Mr Descalzi had already visited Abu Dhabi on January 12 to sign concession agreements for two offshore blocks with the Abu Dhabi National Oil Company (ADNOC).
The two offshore concessions were the first to be offered for commercial bidding by ADNOC. Eni will be the operator of both blocks with a 70% stake, but are joined by Thailand’s PTT Exploration and Production Company Limited (PTTEP) who have the remaining 30%.
The exploration phase for the concessions, which cover 8,000 square kilometres, is nine years which will then be extended to 35 years if commercially viable volumes of oil and gas are discovered. An initial $230 million will be invested by the consortium partners during the exploration phase. ADNOC will immediately assume a 60% stake if either block moves to the commercial production phase.

Why Abu Dhabi?

From a downstream perspective, Abu Dhabi has worked hard over the last decade to ramp up its refining capacity and has had great success in revamping and expanding its operations at Ruwais. The emirate is also close to some key markets in Asia and Africa including the Indian subcontinent.
ADNOC is now emerging as one of the most progressive oil producers in the Middle East. The company has not only opened up several new exploration blocks to commercial bidding, but has also restructured its business model to enable it to embrace innovation and new technologies.
From Eni’s perspective, the refinery deal is a massive investment that is aimed at lengthening its value chain. After years of upstream success, the company is looking to diversify its geographical portfolio and this agreement goes a long way to achieving this aim.
Abu Dhabi also offers a stable political climate and a well-established oil industry to back up Eni’s exploration work. Eni already has 10% stake in ADNOC’s Umm Shaif and Nasr concession, 5% in the offshore Lower Zakum concession and 25% in the Ghasha concession. Adding to this portfolio with the new deals will allow Eni to combine costs and make huge operational savings.
The UAE also offers a huge domestic market for any potential commercial volumes of oil and gas  due to its extensive refining, petrochemical and industrial sectors and growing power sector.
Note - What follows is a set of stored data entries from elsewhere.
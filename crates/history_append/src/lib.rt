//! The entries that a call of an array makes in its history.
#![tactic(auto)]

pub mod calls;
pub mod losses;

pub use calls::{append_entry, check_number};
pub use history_laws::{Entries, Epoch, Event, LostCause, Request};
pub use losses::append_losses;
The Takreer refinery in Ruwais

The Sharjah deals

With the ink still drying on the ADNOC contracts signed on January 12, Mr Descalzi remained in the UAE to sign three more deals in the Emirate of Sharjah on January 13 that will see Eni focus on onshore oil and gas exploration.
Two of the concessions, which will cover an area of over 1,600 square kilometres, will be operated by Eni with a 75% stake while the remaining 25% being held by the Sharjah National Oil Corporation (SNOC). A smaller concession of 264 square kilometres will be shared equally between the operator SNOC and Eni.

Why Sharjah?

Oil and gas exploration has been conducted in Sharjah since the 1930’s, but with very limited success. The emirate currently has three small gas condensate fields in operation meaning that there is potential for much more. This indicates that Eni’s extensive exploration expertise could bring success on the onshore concessions and hugely strengthen Sharjah’s production portfolio.
Sharjah’s infrastructure is impressive for such a relatively small emirate and three of the UAE’s finest deep-water ports are located here. Added to this is Sharjah’s proximity to large industrial and commercial areas in Dubai meaning that any successful exploration efforts will have some attractive markets if any of the hydrocarbon resources are eventually produced.

The Bahrain deal

Bahrain was where oil production first began in the Middle East almost 100 years ago and while output has now fallen to way below previous levels, there are many who feel that this tiny state in the Arabian Peninsula still has a lot to offer.
Eni agrees and on January 13, Mr Descalzi travelled to Manama to sign a Memorandum of Understanding with the National Oil and Gas Authority of the Kingdom of Bahrain (NOGA) that aims for the partners to eventually pursue petroleum exploration at an offshore block that covers 2,800 square kilometres in the future.

Why Bahrain?

Bahrain is small, but has been a leader in the Middle East in both oil and gas production as well as developing its industrial base. The country is located close to the regional powerhouse of Saudi Arabia’s Eastern Province which is home to Jubail, one of the world’s largest industrial cities.
After a period of political turmoil at the start of the decade, Bahrain is now focusing on the future and is looking to bolster its roster of technical partners, especially large international oil companies like Eni who can add value in terms of technical knowledge and investment capital.

The Oman deals

Not content with signing a mere six deals in two days, Mr Descalzi travelled to Oman on January 14   to put pen to paper on two more.
The first was a exploration and production sharing agreement (EPSA) between Eni and the state-owned Oman Oil Company Exploration and Production (OOCEP) for Block 47, an onshore concession with an area of around 8,524 square kilometres. Eni will operate the block with a 90% share while OOCEP holding the remaining 10%. Exploration will start in 2019.
This was followed by a head of agreement (HoA) deal signed with Oman’s Ministry of Oil & Gas and will see Eni team up with BP in a 50/50 partnership to carry out exploration at the onshore Block 77 which covers 3,100 square kilometres. An EPSA is expected to follow shortly.

Why Oman?

Despite its relatively low-profile, Oman is one of the world’s top 20 oil producers with output around the 1 million barrels a day mark. The sultanate has also been a pioneer in developing enhanced oil recovery techniques and is eager to bolster its gas production to underpin its ambitious industrial diversification plans.
However, much of Oman’s untapped hydrocarbon resources are unconventional and require cutting edge technology and expertise. This makes that the country a natural partner for a leading technology innovator such as Eni.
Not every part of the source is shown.